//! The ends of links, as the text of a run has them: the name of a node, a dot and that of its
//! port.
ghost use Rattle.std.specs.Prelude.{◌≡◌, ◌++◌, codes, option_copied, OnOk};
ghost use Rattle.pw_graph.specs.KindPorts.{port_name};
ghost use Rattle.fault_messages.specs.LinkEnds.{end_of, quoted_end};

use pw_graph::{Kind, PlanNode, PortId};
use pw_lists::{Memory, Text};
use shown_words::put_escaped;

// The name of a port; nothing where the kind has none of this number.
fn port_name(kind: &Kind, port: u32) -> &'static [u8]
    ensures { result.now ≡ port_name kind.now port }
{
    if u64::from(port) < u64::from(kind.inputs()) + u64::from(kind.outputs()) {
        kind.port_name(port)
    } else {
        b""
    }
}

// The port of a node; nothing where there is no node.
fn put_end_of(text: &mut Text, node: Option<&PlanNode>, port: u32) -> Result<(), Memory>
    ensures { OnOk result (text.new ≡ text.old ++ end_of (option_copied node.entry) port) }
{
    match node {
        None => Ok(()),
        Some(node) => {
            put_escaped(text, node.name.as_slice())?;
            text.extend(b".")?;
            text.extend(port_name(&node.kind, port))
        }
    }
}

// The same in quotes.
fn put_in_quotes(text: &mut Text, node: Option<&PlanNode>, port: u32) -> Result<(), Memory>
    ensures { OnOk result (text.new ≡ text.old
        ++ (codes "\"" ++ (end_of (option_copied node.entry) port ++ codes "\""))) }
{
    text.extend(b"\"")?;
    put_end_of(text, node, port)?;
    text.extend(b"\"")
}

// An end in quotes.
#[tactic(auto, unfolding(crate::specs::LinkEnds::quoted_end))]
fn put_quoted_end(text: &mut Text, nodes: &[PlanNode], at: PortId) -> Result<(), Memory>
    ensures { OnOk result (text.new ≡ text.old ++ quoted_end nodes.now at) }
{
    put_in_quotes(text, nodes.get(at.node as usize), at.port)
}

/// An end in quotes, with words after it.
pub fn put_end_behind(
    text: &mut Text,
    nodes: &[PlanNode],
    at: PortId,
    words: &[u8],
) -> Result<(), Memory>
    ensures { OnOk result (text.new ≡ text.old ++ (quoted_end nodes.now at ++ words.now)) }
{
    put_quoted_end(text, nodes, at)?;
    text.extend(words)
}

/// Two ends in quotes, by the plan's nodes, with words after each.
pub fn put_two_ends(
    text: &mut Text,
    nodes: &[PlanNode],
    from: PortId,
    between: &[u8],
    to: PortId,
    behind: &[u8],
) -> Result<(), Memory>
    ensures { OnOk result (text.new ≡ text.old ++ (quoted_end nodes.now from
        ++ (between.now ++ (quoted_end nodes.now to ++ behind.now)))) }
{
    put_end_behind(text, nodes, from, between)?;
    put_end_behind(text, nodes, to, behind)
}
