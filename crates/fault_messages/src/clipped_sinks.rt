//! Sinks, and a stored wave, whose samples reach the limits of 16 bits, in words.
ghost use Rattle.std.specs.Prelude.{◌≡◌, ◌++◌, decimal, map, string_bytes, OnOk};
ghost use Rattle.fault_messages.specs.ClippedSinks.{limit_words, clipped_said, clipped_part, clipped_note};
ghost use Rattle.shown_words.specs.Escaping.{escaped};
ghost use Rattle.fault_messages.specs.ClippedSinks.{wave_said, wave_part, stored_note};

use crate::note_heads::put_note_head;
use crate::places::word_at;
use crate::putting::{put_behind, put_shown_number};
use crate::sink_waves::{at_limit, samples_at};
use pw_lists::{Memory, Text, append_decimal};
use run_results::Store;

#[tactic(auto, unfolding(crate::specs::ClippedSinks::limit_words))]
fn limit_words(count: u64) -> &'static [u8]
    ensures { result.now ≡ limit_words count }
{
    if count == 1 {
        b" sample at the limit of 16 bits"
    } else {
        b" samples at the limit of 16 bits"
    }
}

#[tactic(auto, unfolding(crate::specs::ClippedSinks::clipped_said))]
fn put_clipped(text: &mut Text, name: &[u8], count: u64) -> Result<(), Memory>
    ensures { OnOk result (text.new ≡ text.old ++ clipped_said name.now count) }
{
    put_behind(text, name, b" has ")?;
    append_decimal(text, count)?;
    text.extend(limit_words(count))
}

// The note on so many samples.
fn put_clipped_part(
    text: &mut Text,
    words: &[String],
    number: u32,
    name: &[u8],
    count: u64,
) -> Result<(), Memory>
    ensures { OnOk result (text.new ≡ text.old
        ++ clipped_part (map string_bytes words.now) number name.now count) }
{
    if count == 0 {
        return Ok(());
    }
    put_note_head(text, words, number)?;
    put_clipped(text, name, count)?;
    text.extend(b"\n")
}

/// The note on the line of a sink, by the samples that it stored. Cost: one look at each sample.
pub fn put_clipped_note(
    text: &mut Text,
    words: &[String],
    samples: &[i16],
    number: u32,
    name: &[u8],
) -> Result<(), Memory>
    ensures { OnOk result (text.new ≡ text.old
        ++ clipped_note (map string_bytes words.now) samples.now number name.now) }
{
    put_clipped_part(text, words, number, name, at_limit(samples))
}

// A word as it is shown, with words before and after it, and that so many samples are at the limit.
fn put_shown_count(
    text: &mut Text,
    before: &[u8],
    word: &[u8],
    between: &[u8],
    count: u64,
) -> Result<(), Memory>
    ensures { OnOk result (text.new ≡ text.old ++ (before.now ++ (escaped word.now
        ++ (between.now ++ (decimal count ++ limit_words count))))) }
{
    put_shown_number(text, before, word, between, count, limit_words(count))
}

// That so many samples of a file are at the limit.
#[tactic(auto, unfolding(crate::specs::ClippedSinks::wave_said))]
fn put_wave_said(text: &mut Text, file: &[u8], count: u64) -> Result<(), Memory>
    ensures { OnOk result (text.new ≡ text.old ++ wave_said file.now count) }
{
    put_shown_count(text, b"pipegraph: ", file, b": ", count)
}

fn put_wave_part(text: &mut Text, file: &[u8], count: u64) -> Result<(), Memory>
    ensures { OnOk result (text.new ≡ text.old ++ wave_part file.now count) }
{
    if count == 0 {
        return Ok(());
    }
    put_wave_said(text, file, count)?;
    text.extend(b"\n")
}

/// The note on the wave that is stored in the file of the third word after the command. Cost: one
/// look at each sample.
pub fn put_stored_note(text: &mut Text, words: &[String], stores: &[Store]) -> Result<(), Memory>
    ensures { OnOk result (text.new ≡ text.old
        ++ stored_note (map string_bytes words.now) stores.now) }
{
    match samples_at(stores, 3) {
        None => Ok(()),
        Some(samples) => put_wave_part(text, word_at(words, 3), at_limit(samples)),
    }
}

□ □ □ □ □ □ □

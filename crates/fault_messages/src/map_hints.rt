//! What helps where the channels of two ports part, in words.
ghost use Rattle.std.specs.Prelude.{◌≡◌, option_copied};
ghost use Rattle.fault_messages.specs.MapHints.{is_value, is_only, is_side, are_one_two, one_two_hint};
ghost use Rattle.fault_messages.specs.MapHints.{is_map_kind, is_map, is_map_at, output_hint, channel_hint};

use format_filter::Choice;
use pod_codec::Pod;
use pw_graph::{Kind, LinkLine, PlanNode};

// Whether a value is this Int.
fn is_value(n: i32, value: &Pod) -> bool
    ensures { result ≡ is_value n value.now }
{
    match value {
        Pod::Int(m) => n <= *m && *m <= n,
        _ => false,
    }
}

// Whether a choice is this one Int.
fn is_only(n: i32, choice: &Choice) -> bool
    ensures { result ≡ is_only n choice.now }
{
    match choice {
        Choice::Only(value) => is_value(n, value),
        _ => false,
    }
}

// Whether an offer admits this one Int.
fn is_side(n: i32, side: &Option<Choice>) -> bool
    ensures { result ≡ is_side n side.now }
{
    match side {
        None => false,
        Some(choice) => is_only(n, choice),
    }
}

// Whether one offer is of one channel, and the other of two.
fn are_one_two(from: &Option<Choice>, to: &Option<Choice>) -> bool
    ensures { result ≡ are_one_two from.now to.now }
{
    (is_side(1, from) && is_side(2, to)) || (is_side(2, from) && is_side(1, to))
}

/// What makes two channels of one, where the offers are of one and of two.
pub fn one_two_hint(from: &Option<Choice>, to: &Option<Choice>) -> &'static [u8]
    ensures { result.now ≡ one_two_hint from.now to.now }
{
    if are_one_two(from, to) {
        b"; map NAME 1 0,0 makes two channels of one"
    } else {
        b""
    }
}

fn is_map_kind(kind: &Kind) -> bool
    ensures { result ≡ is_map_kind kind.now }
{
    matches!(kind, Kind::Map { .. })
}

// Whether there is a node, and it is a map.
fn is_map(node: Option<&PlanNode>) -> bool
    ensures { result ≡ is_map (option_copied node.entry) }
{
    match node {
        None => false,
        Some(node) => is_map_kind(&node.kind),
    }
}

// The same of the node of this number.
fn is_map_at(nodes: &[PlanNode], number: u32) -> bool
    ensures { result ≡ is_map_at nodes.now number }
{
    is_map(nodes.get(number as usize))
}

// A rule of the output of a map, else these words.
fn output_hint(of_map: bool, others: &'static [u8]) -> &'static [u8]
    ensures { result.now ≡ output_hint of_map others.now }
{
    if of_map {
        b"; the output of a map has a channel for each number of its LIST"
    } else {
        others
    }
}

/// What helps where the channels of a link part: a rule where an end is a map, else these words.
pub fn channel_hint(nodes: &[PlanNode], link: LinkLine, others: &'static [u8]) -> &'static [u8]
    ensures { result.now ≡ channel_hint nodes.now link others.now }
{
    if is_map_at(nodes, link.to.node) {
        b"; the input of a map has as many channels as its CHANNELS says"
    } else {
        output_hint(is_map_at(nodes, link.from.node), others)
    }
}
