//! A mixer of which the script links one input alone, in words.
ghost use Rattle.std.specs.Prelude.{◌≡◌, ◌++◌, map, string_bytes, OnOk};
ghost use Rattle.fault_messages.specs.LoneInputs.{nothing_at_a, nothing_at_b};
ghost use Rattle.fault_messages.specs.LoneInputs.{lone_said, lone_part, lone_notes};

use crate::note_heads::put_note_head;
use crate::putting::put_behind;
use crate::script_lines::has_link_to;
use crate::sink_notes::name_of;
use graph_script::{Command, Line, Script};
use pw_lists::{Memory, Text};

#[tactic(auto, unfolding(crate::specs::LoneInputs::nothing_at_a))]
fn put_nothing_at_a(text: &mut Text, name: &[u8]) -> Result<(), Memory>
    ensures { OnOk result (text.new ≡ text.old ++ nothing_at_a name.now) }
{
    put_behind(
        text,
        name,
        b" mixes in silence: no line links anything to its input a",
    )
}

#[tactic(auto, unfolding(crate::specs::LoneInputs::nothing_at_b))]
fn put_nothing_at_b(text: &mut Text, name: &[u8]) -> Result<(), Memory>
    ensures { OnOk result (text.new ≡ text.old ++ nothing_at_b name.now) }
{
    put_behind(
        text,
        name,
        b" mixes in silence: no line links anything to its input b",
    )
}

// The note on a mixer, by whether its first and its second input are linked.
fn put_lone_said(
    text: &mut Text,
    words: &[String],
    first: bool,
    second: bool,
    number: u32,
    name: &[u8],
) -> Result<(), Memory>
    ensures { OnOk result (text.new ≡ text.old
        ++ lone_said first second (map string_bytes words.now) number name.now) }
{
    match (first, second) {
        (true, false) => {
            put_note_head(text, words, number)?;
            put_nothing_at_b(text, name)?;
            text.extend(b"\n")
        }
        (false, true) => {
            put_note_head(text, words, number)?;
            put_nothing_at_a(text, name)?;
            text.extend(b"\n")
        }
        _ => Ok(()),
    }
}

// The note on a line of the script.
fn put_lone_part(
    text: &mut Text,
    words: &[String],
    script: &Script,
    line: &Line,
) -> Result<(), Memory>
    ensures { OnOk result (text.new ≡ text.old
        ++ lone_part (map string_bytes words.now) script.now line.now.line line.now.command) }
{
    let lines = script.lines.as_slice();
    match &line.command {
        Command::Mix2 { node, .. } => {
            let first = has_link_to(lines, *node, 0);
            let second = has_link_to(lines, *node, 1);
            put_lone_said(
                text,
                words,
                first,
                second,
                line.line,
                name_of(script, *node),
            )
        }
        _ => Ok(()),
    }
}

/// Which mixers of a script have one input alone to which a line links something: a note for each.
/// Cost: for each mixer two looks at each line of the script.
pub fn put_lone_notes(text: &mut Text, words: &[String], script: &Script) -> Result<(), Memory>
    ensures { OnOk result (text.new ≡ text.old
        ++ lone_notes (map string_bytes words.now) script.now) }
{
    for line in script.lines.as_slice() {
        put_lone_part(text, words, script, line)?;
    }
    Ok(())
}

□ □ □ □ □ □ □

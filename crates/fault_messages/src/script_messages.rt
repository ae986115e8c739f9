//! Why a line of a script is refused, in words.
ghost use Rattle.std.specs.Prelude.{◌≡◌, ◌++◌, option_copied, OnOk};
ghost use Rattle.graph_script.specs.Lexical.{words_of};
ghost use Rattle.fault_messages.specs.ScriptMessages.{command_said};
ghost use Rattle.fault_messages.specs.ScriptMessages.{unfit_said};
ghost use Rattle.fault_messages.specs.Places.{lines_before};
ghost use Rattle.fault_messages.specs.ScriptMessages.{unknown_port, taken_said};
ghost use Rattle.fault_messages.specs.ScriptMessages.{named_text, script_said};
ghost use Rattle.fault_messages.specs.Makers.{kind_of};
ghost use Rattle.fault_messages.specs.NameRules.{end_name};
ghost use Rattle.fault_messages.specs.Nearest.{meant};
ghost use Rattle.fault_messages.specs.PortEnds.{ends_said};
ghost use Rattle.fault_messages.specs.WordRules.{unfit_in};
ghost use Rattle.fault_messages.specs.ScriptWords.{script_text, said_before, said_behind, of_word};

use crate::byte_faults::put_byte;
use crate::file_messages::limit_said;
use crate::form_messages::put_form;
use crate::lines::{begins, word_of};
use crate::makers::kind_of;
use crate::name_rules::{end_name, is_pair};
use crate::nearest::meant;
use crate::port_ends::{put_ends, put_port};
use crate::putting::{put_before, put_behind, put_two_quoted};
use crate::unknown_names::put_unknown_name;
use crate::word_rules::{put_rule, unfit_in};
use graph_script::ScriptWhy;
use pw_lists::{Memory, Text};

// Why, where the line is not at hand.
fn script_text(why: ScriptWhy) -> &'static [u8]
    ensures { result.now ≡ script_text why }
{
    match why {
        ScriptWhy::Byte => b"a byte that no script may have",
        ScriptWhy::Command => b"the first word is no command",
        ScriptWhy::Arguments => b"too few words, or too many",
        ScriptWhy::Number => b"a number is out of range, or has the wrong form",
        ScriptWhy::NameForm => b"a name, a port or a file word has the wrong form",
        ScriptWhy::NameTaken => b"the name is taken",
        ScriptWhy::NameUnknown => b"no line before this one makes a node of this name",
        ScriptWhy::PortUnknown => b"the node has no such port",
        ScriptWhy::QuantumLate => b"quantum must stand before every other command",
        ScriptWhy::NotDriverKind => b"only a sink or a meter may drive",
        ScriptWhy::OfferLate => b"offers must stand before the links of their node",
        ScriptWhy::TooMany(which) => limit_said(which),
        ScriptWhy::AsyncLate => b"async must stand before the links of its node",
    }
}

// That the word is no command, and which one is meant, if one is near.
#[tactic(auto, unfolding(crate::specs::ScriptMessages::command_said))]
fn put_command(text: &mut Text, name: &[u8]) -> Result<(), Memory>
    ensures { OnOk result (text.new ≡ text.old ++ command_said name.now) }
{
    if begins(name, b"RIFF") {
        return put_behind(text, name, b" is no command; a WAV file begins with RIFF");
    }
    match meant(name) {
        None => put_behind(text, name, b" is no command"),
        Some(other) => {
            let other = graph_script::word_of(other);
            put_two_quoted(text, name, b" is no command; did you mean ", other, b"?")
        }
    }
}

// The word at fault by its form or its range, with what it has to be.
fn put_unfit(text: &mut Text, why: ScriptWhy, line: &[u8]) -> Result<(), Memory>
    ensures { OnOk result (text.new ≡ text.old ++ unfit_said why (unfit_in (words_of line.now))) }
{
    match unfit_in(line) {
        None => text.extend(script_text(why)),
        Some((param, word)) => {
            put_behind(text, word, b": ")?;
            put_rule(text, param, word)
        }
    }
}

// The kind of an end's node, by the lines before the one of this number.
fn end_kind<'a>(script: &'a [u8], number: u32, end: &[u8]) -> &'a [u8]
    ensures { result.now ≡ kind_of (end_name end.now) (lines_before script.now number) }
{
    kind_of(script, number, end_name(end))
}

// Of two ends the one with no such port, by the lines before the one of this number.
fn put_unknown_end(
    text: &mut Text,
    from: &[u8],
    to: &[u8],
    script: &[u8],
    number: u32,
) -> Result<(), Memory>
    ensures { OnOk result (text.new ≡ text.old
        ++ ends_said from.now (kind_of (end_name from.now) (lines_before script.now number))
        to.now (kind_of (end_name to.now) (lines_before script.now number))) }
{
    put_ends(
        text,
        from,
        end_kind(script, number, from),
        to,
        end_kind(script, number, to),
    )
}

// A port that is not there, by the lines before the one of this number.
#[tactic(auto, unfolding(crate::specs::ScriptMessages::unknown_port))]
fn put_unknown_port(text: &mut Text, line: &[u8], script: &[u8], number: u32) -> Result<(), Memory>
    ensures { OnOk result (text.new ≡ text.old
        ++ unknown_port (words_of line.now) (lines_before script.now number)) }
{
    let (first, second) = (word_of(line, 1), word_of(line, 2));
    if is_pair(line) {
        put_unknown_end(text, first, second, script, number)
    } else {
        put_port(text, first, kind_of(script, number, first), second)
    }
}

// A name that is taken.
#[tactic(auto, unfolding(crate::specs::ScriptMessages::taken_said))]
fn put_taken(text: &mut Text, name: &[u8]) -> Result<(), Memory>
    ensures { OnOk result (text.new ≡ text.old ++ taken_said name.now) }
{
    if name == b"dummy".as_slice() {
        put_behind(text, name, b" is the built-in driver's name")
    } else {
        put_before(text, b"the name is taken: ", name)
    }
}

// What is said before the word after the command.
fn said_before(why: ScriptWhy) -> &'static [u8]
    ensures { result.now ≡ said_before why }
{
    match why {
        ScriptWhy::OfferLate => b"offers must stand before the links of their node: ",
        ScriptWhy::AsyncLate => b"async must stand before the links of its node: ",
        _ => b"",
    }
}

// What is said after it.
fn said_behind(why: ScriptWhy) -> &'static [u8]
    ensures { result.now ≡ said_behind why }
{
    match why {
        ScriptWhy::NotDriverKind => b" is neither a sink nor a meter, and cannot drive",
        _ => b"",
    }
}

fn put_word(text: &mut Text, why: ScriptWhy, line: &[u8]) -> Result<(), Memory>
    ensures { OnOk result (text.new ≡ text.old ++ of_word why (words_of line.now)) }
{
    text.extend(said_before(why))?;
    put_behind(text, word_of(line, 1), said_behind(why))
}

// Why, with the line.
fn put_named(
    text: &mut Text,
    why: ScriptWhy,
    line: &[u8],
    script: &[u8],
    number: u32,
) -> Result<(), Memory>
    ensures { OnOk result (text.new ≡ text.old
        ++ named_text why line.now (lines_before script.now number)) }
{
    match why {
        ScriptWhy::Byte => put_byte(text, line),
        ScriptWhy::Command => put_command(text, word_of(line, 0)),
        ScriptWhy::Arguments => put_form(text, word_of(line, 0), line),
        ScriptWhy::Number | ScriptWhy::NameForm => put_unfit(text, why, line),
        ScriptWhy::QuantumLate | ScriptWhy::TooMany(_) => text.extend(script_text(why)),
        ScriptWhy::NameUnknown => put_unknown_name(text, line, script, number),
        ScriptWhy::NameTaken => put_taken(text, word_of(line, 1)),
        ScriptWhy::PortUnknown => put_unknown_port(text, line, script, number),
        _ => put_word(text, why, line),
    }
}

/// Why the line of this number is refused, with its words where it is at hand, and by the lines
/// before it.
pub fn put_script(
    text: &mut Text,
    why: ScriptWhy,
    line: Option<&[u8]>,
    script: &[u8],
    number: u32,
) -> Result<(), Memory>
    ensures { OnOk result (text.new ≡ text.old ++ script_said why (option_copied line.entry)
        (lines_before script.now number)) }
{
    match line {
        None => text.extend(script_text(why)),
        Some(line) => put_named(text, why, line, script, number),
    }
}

□ □ □ □ □ □ □

Look through the entries and return every line where "crates" appears.

filename crates/fault_messages/src/clipped_sinks.rt
filename crates/fault_messages/src/map_hints.rt
filename crates/fault_messages/src/script_messages.rt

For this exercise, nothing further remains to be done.